Tech winners haven’t crushed tech losers by this much since the dot-com bubble was bursting
The performance gap between the tech sector’s winners and losers has reached the 100th percentile, widening to levels not seen since 2000.
That’s according to Jeff deGraaf, head of technical research at Renaissance Macro Research, who flagged in a note to clients the magnitude of this divergence in fortunes within the industry.
The story of the technology trade in 2026 was made clear on the first trading day of the year, with a record outperformance of semiconductor stocks versus their software counterparts.
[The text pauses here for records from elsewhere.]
//! The clock of the system.
ghost use Rattle.std.specs.Prelude.{◌≤◌, None};

use ixp_io::{Clock, LAST_SECOND};

/// The clock of the system. It doesn't tell what it gave. Where the system's clock can't be read, it gives
/// the number that it gave last, or 0 where it gave none.
#[derive(Drop)]
pub struct SystemClock {
    rt: HostRuntime,
    last: u64,
}

impl SystemClock {
    /// A clock that wasn't read yet.
    pub fn new(rt: &HostRuntime) -> SystemClock {
        SystemClock { rt: *rt, last: 0 }
    }
}

impl Clock for SystemClock {
    ghost given = { λ _. None };

    fn now(&mut self) -> u64 {
        if let Ok(time) = std::time::Clock::since_1970(&self.rt) {
            self.last = time.as_secs();
        }
        self.last.min(LAST_SECOND)
    }
}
Since then, software has continued to flounder as new AI tools pull the timetable for potential disruption forward and threaten to undermine the perceived safety of the software industry’s recurring revenue streams and margins. Within the hardware space, the list of winners have become even narrower, with investors focused on data center capex beneficiaries, particularly in memory and semicap equipment.
“To see similar levels of performance differential between winners and losers requires a trip back to 2000 as the dot-com bubble was bursting and the semis were holding up relative to the speculative internet related names,” deGraaf wrote. “Beware chasing good charts in technology, and at the margin, reduce exposure.”
Year to date, the best performers in the Russell 1000 Technology Index (and presumably, the best charts) include Sandisk, Western Digital, Corning, Vertiv Holdings, Micron, and Applied Materials.